It would be cool to have a battery that you would never have to worry about charging!! I'll take one for an EV, my cell phone, and my laptop. Apparently they are safe too, so it is like the LiFePO4(in comparison to LiCoO2) of stored nuclear power.


----------



## vpoppv (Jul 27, 2009)

"People hear the word 'nuclear' and think of something very dangerous," Dr Jae said. 

I know that I was picturing Chernobyl in my trunk....


----------



## PhantomPholly (Aug 20, 2008)

Shades of Dr. Evil...

Really, they can make "black boxes" which survive aircraft crashes at 500+mph, I think they could devise a safe storage container for million year batteries.

The only question then, is whether the power density is sufficient for driving.


----------



## Stunt Driver (May 14, 2009)

Little Chernobyl will happen if you crash and spill material all over. Or if designing bulletproof box around it - likely to be expensive. Even thou idea seems nice - I doubt it will ever make it into cars for the safety or cost reasons. Don't take me as pissimist, I'm just discounting for all the buerocracy


----------



## Jokerzwild (Jun 11, 2009)

Hmmmmm, do not allow 3rd world countries to produce nuclear power plants, but allow every Tom, Dick and moron in our community to have a small piece of nuclear power.

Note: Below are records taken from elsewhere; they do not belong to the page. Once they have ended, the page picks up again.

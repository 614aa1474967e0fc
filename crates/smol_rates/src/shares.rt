//! The shares of several reactions in the words of their species.
ghost use Rattle.std.specs.Prelude.{◌≡◌, ◌≤◌};
ghost use Rattle.smol_rates.specs.Rates.{all_words, most_rate, share};

use smol_num::Threshold;

/// The share of a reaction in the words of its species, where the rates of the species' reactions add up to `all`, those before
/// this reaction to `before`, and with it to `upto`. So the shares of all of them add up to `total`. It is 0 where `all` is 0.
/// Takes no memory.
#[tactic(auto, unfolding(crate::specs::Rates::share))]
pub fn share(total: Threshold, before: u64, upto: u64, all: u64) -> Threshold
    requires total { total.0 ≤ all_words }
    requires before { before ≤ upto }
    requires upto { upto ≤ all }
    requires all { all ≤ most_rate }
    ensures value { result ≡ share total before upto all }
    ensures most { result.0 ≤ total.0 }
{
    if all == 0 {
        return Threshold(0);
    }
    let words = u128::from(total.0);
    let with = words * u128::from(upto) / u128::from(all);
    let without = words * u128::from(before) / u128::from(all);
    Threshold((with - without) as u64)
}
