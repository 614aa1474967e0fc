//! What the lines of a compartment's block say.
ghost use Rattle.std.specs.Prelude.{◌≡◌, ◌<◌, ◌≤◌, List, pos, length, Ok, Err, OnOk};
ghost use Rattle.smol_types.specs.declared.fault.Kind.{Kind as TheKind};
ghost use Rattle.smol_types.specs.Limits.{most_bounds, most_points, most_surfaces};
ghost use Rattle.smol_line.specs.Axes.{read_axis, read_axes};
ghost use Rattle.smol_blocks.specs.Compartment.{CompartmentSaid, bound_in, compartment_of, end_compartment_in, point_in, point_word};

use smol_geom::Place;
use smol_line::{
    Axes, Bounds, NameSet, micros_in, needs_walls, number_in, ticks_within, unless, word_at,
    word_count,
};
use smol_text::StatedLine;
use smol_types::{Compartment, Kind, Need};

/// How many surfaces a compartment may have.
const MOST_BOUNDS: usize = 16;

/// How many points a compartment may have.
const MOST_POINTS: usize = 16;

/// The number of the surface that a line names, beside surfaces of these names, by what the lines before say of the compartment.
#[tactic(auto, unfolding(crate::specs::Compartment::bound_in))]
pub fn bound_in(
    surfaces: &NameSet,
    compartment: &Compartment,
    line: &StatedLine<'_>,
) -> Result<u16, Kind>
    requires { length surfaces.now ≤ most_surfaces }
    ensures rule { (lines : List CompartmentSaid) → compartment.now ≡ compartment_of lines → result ≡ bound_in surfaces.now lines line.now }
    ensures room { OnOk result (length compartment.now.surfaces < most_bounds) }
{
    word_count(2, line)?;
    let surface = number_in(surfaces, word_at(line, 1))?;
    unless(compartment.surfaces.len() < MOST_BOUNDS, Kind::TooMany)?;
    Ok(surface)
}

// A coordinate of a point in ticks.
fn point_word(bounds: &Bounds, word: &[u8]) -> Result<i64, Kind>
    ensures { result ≡ point_word bounds.now word.now }
{
    let x = micros_in(word)?;
    Ok(ticks_within(bounds, x))
}

// The coordinate of a line on an axis with these walls, if it has some.
fn coordinate_at(axis: usize, bounds: &Option<Bounds>, line: &StatedLine<'_>) -> Result<i64, Kind>
    requires { axis < 3 }
    ensures { result ≡ read_axis point_word (pos 1) 1 axis bounds.now line.now }
{
    match bounds {
        None => Ok(1),
        Some(bounds) => point_word(bounds, word_at(line, 1 + axis)),
    }
}

// The coordinates of a line on the three axes.
#[tactic(auto, unfolding(smol_line::specs::Axes::read_axes))]
fn coordinates_in(axes: &Axes, line: &StatedLine<'_>) -> Result<[i64; 3], Kind>
    ensures { result ≡ read_axes point_word (pos 1) 1 axes.now line.now }
{
    let x = coordinate_at(0, &axes.x, line)?;
    let y = coordinate_at(1, &axes.y, line)?;
    let z = coordinate_at(2, &axes.z, line)?;
    Ok([x, y, z])
}

/// The point that a line gives, by what the lines before say of the compartment.
#[tactic(auto, unfolding(crate::specs::Compartment::point_in))]
pub fn point_in(
    axes: &Axes,
    compartment: &Compartment,
    line: &StatedLine<'_>,
) -> Result<Place, Kind>
    ensures rule { (lines : List CompartmentSaid) → compartment.now ≡ compartment_of lines → result ≡ point_in axes.now lines line.now }
    ensures room { OnOk result (length compartment.now.points < most_points) }
{
    let dims = needs_walls(axes)?;
    word_count(1 + usize::from(dims), line)?;
    let at = coordinates_in(axes, line)?;
    unless(compartment.points.len() < MOST_POINTS, Kind::TooMany)?;
    Ok(Place(at))
}

/// Whether a line may close the block of a compartment.
#[tactic(auto, unfolding(crate::specs::Compartment::end_compartment_in))]
pub fn closes_compartment(compartment: &Compartment, line: &StatedLine<'_>) -> Result<(), Kind>
    ensures accepted { OnOk result ((lines : List CompartmentSaid) → compartment.now ≡ compartment_of lines
        → end_compartment_in lines line.now ≡ Ok (compartment_of lines)) }
    ensures refused { (kind : TheKind) (lines : List CompartmentSaid) → result ≡ Err kind → compartment.now ≡ compartment_of lines
        → end_compartment_in lines line.now ≡ Err kind }
{
    word_count(1, line)?;
    unless(!compartment.points.is_empty(), Kind::Missing(Need::Point))?;
    Ok(())
}
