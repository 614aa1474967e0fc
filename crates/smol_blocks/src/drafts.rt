use smol_types::{Compartment, Items, Name, Panel, Surface};

/// What the block of a surface gives.
#[derive(Debug, Drop)]
pub struct SurfaceDraft {
    pub name: Name,
    pub surface: Surface,
    /// Its panels in order, each with the number of the surface. Jumps lead to panels by their numbers over the whole file.
    pub panels: Items<Panel>,
}

/// What the block of a compartment gives.
#[derive(Debug, Drop)]
pub struct CompartmentDraft {
    pub name: Name,
    pub compartment: Compartment,
}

How long before some miss understood moron cracks it open to see if licking it will give him a new high?


----------



## PhantomPholly (Aug 20, 2008)

Jokerzwild said:


> Hmmmmm, do not allow 3rd world countries to produce nuclear power plants, but allow every Tom, Dick and moron in our community to have a small piece of nuclear power. How long before some miss understood moron cracks it open to see if licking it will give him a new high?

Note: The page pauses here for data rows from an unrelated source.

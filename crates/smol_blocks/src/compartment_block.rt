//! The block of a compartment, from the line that opens it to the line that closes it.
ghost use Rattle.std.specs.Prelude.{◌≡◌, ◌+◌, ◌<◌, ◌≤◌, [], ℕ, List, Some, false, length, drop, slice_get, IfOk, IfErr};
ghost use Rattle.smol_text.specs.Reading.{Stated};
ghost use Rattle.smol_text.specs.Spans.{stated_lines};
ghost use Rattle.smol_types.specs.Limits.{most_compartments, most_surfaces};
ghost use Rattle.smol_line.specs.Fault.{TellsFault};
ghost use Rattle.smol_line.specs.Names.{is_named};
ghost use Rattle.smol_blocks.specs.BlockReads.{AnswersBlock, HoldsBlock, HoldsCompartment, ReadsIn};
ghost use Rattle.smol_blocks.specs.BlockText.{block_from, compartment_block, compartment_rules, in_compartment_block};
ghost use Rattle.smol_blocks.specs.Names.{AreNames, axes_of};

use crate::block_name::block_name_in;
use crate::block_statement::BlockStatement;
use crate::compartment::{bound_in, closes_compartment, point_in};
use crate::drafts::CompartmentDraft;
use crate::names::Names;
use crate::statement::Statement;
use crate::told::told_at;
use smol_line::{Axes, NameSet, Refusal, word_at};
use smol_text::{StatedLine, Text};
use smol_types::{Compartment, ConfigFault, Items, Kind, Name};
use std::alloc::Global;

/// How many compartments there may be.
const MOST_COMPARTMENTS: usize = 64;

// Reads a line that makes this statement. Answers whether the block stays open.
fn read_statement(
    compartment: &mut Compartment,
    statement: BlockStatement,
    axes: &Axes,
    surfaces: &NameSet,
    line: &StatedLine<'_>,
) -> Result<bool, Refusal>
    requires surfaces { length surfaces.now ≤ most_surfaces }
    ensures reads { ReadsIn HoldsCompartment (λ said. compartment_rules axes.now surfaces.now said line.now statement)
        compartment.old compartment.new result }
{
    match statement {
        BlockStatement::Surface => {
            let surface = bound_in(surfaces, compartment, line)?;
            compartment.surfaces.push(surface)?;
            Ok(true)
        }
        BlockStatement::Point => {
            let point = point_in(axes, compartment, line)?;
            compartment.points.push(point)?;
            Ok(true)
        }
        BlockStatement::EndCompartment => {
            closes_compartment(compartment, line)?;
            Ok(false)
        }
        _ => Err(Refusal::At(Kind::BadOrder)),
    }
}

// Reads a line in the block behind those read so far. Answers whether the block stays open.
fn read_line(
    compartment: &mut Compartment,
    axes: &Axes,
    surfaces: &NameSet,
    line: &StatedLine<'_>,
) -> Result<bool, Refusal>
    requires surfaces { length surfaces.now ≤ most_surfaces }
    ensures reads { ReadsIn HoldsCompartment (λ said. in_compartment_block axes.now surfaces.now said line.now)
        compartment.old compartment.new result }
{
    match Statement::of(word_at(line, 0)) {
        Statement::PassedOver => Ok(true),
        Statement::NotInProfile => Err(Refusal::At(Kind::NotInProfile)),
        Statement::Unknown => Err(Refusal::At(Kind::UnknownStatement)),
        Statement::Block(one) => read_statement(compartment, one, axes, surfaces, line),
        _ => Err(Refusal::At(Kind::BadOrder)),
    }
}

// Reads the lines of the block that the line at an index opens, which has this number. Answers what they give, and the
// index of the line behind the block.
fn read_lines(
    alloc: Global,
    text: &Text,
    opened: u32,
    at: usize,
    axes: &Axes,
    surfaces: &NameSet,
) -> Result<(Compartment, usize), ConfigFault>
    requires within { at < length (stated_lines text.now) }
    requires surfaces { length surfaces.now ≤ most_surfaces }
    ensures accepted { IfOk result (λ read. HoldsBlock HoldsCompartment
        (block_from (in_compartment_block axes.now surfaces.now) opened [] (at + 1) (drop (at + 1) (stated_lines text.now))) read.0 read.1) }
    ensures refused { IfErr result (λ fault. TellsFault fault
        (block_from (in_compartment_block axes.now surfaces.now) opened [] (at + 1) (drop (at + 1) (stated_lines text.now)))) }
    ensures next { IfOk result (λ read. (at + 1 < read.1) × (read.1 ≤ length (stated_lines text.now))) }
{
    let mut compartment = Compartment {
        surfaces: Items::new(alloc),
        points: Items::new(alloc),
    };
    let end = text.len();
    for k in at + 1..end {
        let line = text.line(k);
        match read_line(&mut compartment, axes, surfaces, &line) {
            Ok(true) => {}
            Ok(false) => return Ok((compartment, k + 1)),
            Err(refusal) => return Err(told_at(line.number(), refusal)),
        }
    }
    Err(ConfigFault::At {
        line: opened,
        kind: Kind::OpenBlock,
    })
}

/// Reads the block of a compartment that the line at an index opens, where the lines before give these axes and these
/// names of surfaces and of compartments. Answers the compartment, and the index of the line behind the block.
pub fn read_compartment_block(
    alloc: Global,
    text: &Text,
    at: usize,
    axes: &Axes,
    surfaces: &NameSet,
    compartments: &NameSet,
) -> Result<(CompartmentDraft, usize), ConfigFault>
    requires within { at < length (stated_lines text.now) }
    requires surfaces { length surfaces.now ≤ most_surfaces }
    ensures reads { (line : Stated) → slice_get (stated_lines text.now) at ≡ Some line
        → AnswersBlock (compartment_block axes.now surfaces.now compartments.now line (at + 1) (drop (at + 1) (stated_lines text.now))) result }
    ensures next { IfOk result (λ read. (at + 1 < read.1) × (read.1 ≤ length (stated_lines text.now))) }
    ensures new { IfOk result (λ read. is_named compartments.now read.0.name ≡ false) }
    ensures room { IfOk result (λ read. length compartments.now < most_compartments) }
{
    let line = text.line(at);
    match block_name_in(axes, compartments, MOST_COMPARTMENTS, &line) {
        Ok(name) => {
            let (compartment, next) = read_lines(alloc, text, line.number(), at, axes, surfaces)?;
            match Name::from_text(alloc, name) {
                Ok(name) => Ok((CompartmentDraft { name, compartment }, next)),
                Err(_) => Err(ConfigFault::OutOfMemory),
            }
        }
        Err(kind) => Err(told_at(line.number(), Refusal::At(kind))),
    }
}

/// Reads the block of a compartment that the line at an index opens, where the lines before give these names. Answers the
/// compartment, and the index of the line behind the block.
pub fn read_compartment(
    alloc: Global,
    text: &Text,
    at: usize,
    names: &Names,
) -> Result<(CompartmentDraft, usize), ConfigFault>
    requires within { at < length (stated_lines text.now) }
    requires names { AreNames names.now }
    ensures reads { (line : Stated) → slice_get (stated_lines text.now) at ≡ Some line
        → AnswersBlock (compartment_block (axes_of names.now) names.now.surfaces names.now.compartments
        line (at + 1) (drop (at + 1) (stated_lines text.now))) result }
{
    let axes = names.axes();
    read_compartment_block(alloc, text, at, &axes, &names.surfaces, &names.compartments)
}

I don't know, but it will probably be measured in nanoseconds...


----------



## yarross (Jan 7, 2009)

PhantomPholly said:


> Hmmm, could we buy a LOT of these to power our EVs?


Not suitable.
These have very low efficiency (3-7% or so). Assuming you need 15kWe you would need 150-250kWth. Radioisotopic sources release heat whenever you use them or not. Imagine hot summer and your garage with parked 200kW heater.
Also, the cost would eat you.


----------



## IamIan (Mar 29, 2009)

The biggest probably historically with Nuclear batteries has always been the extremely low power density... even though they have very high energy density.

In other words ... the total energy Watt hours they produce over the 100+ years they run for is very high Wh/g.... but they have never had the short term cranking power Watts ... they produce power in a constantly decaying fashion.

They work well for application like space probes where energy density massively trumps the tiny bits of power output, and budgets are in the $ multi-Million range ... but for the rest of us... a battery of 100 kg in your EV needs to put out peak power rates way higher than ~100Watts... and for the cost $ and weight , you can do much better with other things in people mover EV applications.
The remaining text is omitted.